Objective:
To design, develop and testing of selected DC-DC booster circuit.
Analysis/Discussion : A voltage step-up is a circuit that increases the voltage. It can be AC/AC, AC/DC, DC/AC or DC/DC. This voltage step-up is a DC/DC adjustable voltage regulator. Usually a voltage regulator is fed by a higher input than output voltage, for example 9V IN to 5V OUT. This circuit will take a low voltage (down to 0.7V) and step it up to adjustable 2.7-5.5V. Since it is a regulator, the output voltage will stay constant regardless input voltage (0.7-5.5V), as long as output voltage is higher than input. It cannot step-down, only step-up. Are there any ICs that can do both?
This is a typical circuit for a battery-powered USB-charger, for example single AA batteries (1.5V) to power 5V USB. There are tons of DIYs how to create that. They are often hard-specified to 5V output power. This construction can be used in a range of other applications. Many electronic devices work within 3-5 V and often you want to power them by low voltage power sources.

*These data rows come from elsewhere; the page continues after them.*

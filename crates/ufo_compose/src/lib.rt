// UFO, client to server: a packet composed message by message in lent output.
#![tactic(auto)]

ghost use Rattle.std.specs.Prelude.{◌≡◌, length};
ghost use Rattle.wire.specs.Checks.{◌told_by◌};
ghost use Rattle.wire.specs.Reply.{Settled};
ghost use Rattle.blocks.specs.Blocks.{frame};
ghost use Rattle.ufo_up.specs.Up.{write_message};
ghost use Rattle.ufo_up_write.specs.WriteUp.{reply};
ghost use Rattle.ufo_compose.specs.Compose.{message_of, so_far, add_reply};

use ufo_up::up;
use wire::datagram::LIMIT;
use wire::kinds::{Name, Password, Sequence, User};
use wire::refusal::Refusal;

// A message to be added. What an unsequenced one carries is lent beside it.
#[derive(Clone, Copy)]
pub enum Message {
    Login {
        user: User,
        password: Password,
        session: Name,
    },
    Request {
        first: Sequence,
        count: u16,
    },
    Unsequenced,
    Heartbeat,
    Logout,
}

// How many bytes a message's block has.
fn size_of(message: Message, data: &[u8]) -> usize
    ensures { result ≡ length (frame (write_message (message_of message «data».now))) }
{
    match message {
        Message::Login { .. } => 29,
        Message::Request { .. } => 9,
        Message::Unsequenced => 3 + data.len(),
        Message::Heartbeat | Message::Logout => 3,
    }
}

// The message's block, from the output's start.
fn write_message(message: Message, data: &[u8], out: &mut [u8]) -> Result<usize, Refusal>
    ensures { Settled (reply (message_of message «data».now) (length out.old))
        out.old result out.new }
{
    match message {
        Message::Login {
            user,
            password,
            session,
        } => ufo_up_write::write_login(user, password, session, out),
        Message::Request { first, count } => ufo_up_write::write_request(first, count, out),
        Message::Unsequenced => ufo_up_write::write_unsequenced(data, out),
        Message::Heartbeat => ufo_up_write::write_heartbeat(out),
        Message::Logout => ufo_up_write::write_logout(out),
    }
}

// How many messages the packet so far has, which may be nothing yet.
pub fn read_so_far(s: &[u8]) -> Result<usize, Refusal>
    ensures { result ≡ so_far s.now told_by length }
{
    if s.len() == 0 {
        return Ok(0);
    }
    up::read_up(s)
}

// The output's first `used` bytes are a packet so far, or nothing; the message is written behind them, and the answer counts
// the whole. `data` is what an unsequenced message carries: for any other it is not looked at.
pub fn add_message(
    message: Message,
    data: &[u8],
    out: &mut [u8],
    used: usize,
) -> Result<usize, Refusal>
    ensures { Settled (add_reply (message_of message «data».now) out.old used)
        out.old result out.new }
{
    if out.len() < used {
        return Err(Refusal::Framing);
    }
    read_so_far(&out[..used])?;
    let room = LIMIT - used;
    if room < size_of(message, data) {
        return Err(Refusal::Overlong);
    }
    let added = write_message(message, data, &mut out[used..])?;
    Ok(used + added)
}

Figure 4: Circuit diagram for DC-DC booster converter
List of component used in the circuit:
- IC (DC-DC step-up): MAX757CPA+ - IC, DC/DC UP CONVERTER, DIP8, 757
- Socket (DIP8): TE CONNECTIVITY / AMP - 1-390261-2 - SOCKET IC, DIL, 0.3", 8WAY
- C1 (150µF): PANASONIC - EEUFR1H151, RADIAL, 50V, 150UF
- C2 (100µF): PANASONIC - EEUFC1H101, RADIAL, 50V, 100UF
- C3 (0.1µF): EPCOS - B32529C104J, FILM, 0.1UF, 63V, RADIAL
- C4 (1µF): EPCOS - B32529C105J, FILM, 1UF, 63V, BOXED
- D1 (1N5817): VISHAY FORMERLY I.R. - VS-1N5817, SCHOTTKY, 1A, 20V
- D2 (LED): MULTICOMP - 703-0100, 5MM, RED, 400MCD, 643NM
- L1 (22µH): PANASONIC - ELC16B220L, 22UH, 4.6A, 0R031
- P1R1 (10kΩ): MULTICOMP - MF25 10K, 10K, 0.25W, 1%
- R1&P1R2 (47kΩ): MULTICOMP - MF25 47K, 47K, 0.25W, 1%
- R2 (470Ω): MULTICOMP - MF25 470R, 470R, 0.25W, 1%
- P1(100kΩ): TE CONNECTIVITY / CITEC - CB10LH104M, SIDE, 100K
These item is easily to get in electronic store in Kuala Lumpur. At down below is the specification of Max757 IC.
- Minimum start-up voltage (@10mA load): 1.1V
- Minimum start-up voltage (@300mA load): 1.7V
- Minimum operating voltage (@20mA load): 0.7V
- Input voltage range: -0.3 to +7V
- Output voltage range: 2.7 to 5.5V
- Maximum output load (@input voltage=2V): 200mA@5V, 300mA@3.3V
- Maximum output load (@input voltage=1V): 50mA@5V, 75mA@3.3V
- Efficiency: Max 87% (depends on input voltage and output load
- Quiscent current (@no load, 2V input, 3.3V output): 60µA
- Operating temperature: 0ºC to +70ºC (Using Max75_C__) Full specification
Figure 5: Pretesting the circuit
I measured the output voltage to be as adjustable as before (2.77-5.39V). I measured efficiency at 2.5V/340mA in and 4.94V/150mA out. Converted to watts, (4.94*0.150)/(2.5*0.340)=0.74/0.85W, gives 87% efficiency. That is exactly according to spec but I got less efficiency at lower output load, but still expected. For full efficiency you need better components and a more compact layout. Some connections should not be more than 5mm according to PDF. There are two free copper lanes in my layout that can be utilized as common ground, I tried that too but got exactly the same result. It can also be my 10 year old multi-meter that is not calibrated.
I also measured the efficiency at maximum power. I had 3V/900mA in and 4.66V/460mA out. Converted to watts, (4.66*0.46)/(3*0.9)=2.14/2.7W, gives 79% efficiency.
I also successfully charged an iPhone 4s with it. It charge at 500mA with 3V in and 4.7V out. Decreasing the input voltage to 2V gives 4.4V out at 300mA (which is quite slow charging). The maximum charge for iPhone is 5V/1A from standard charger.
Result from testing in various input:
2V in => 4.4V*300mA=1.3W out
3V in => 4.7V*500mA=2.35W out
4V in => 4.95V*500mA=2.5W out
Figure 6: Finalize the design of DC-DC booster converter
Conclusion:
This circuit can be determined to use in thermoelectric device charger but the output current is too small to charge the devices. It will gives longer duration of charging.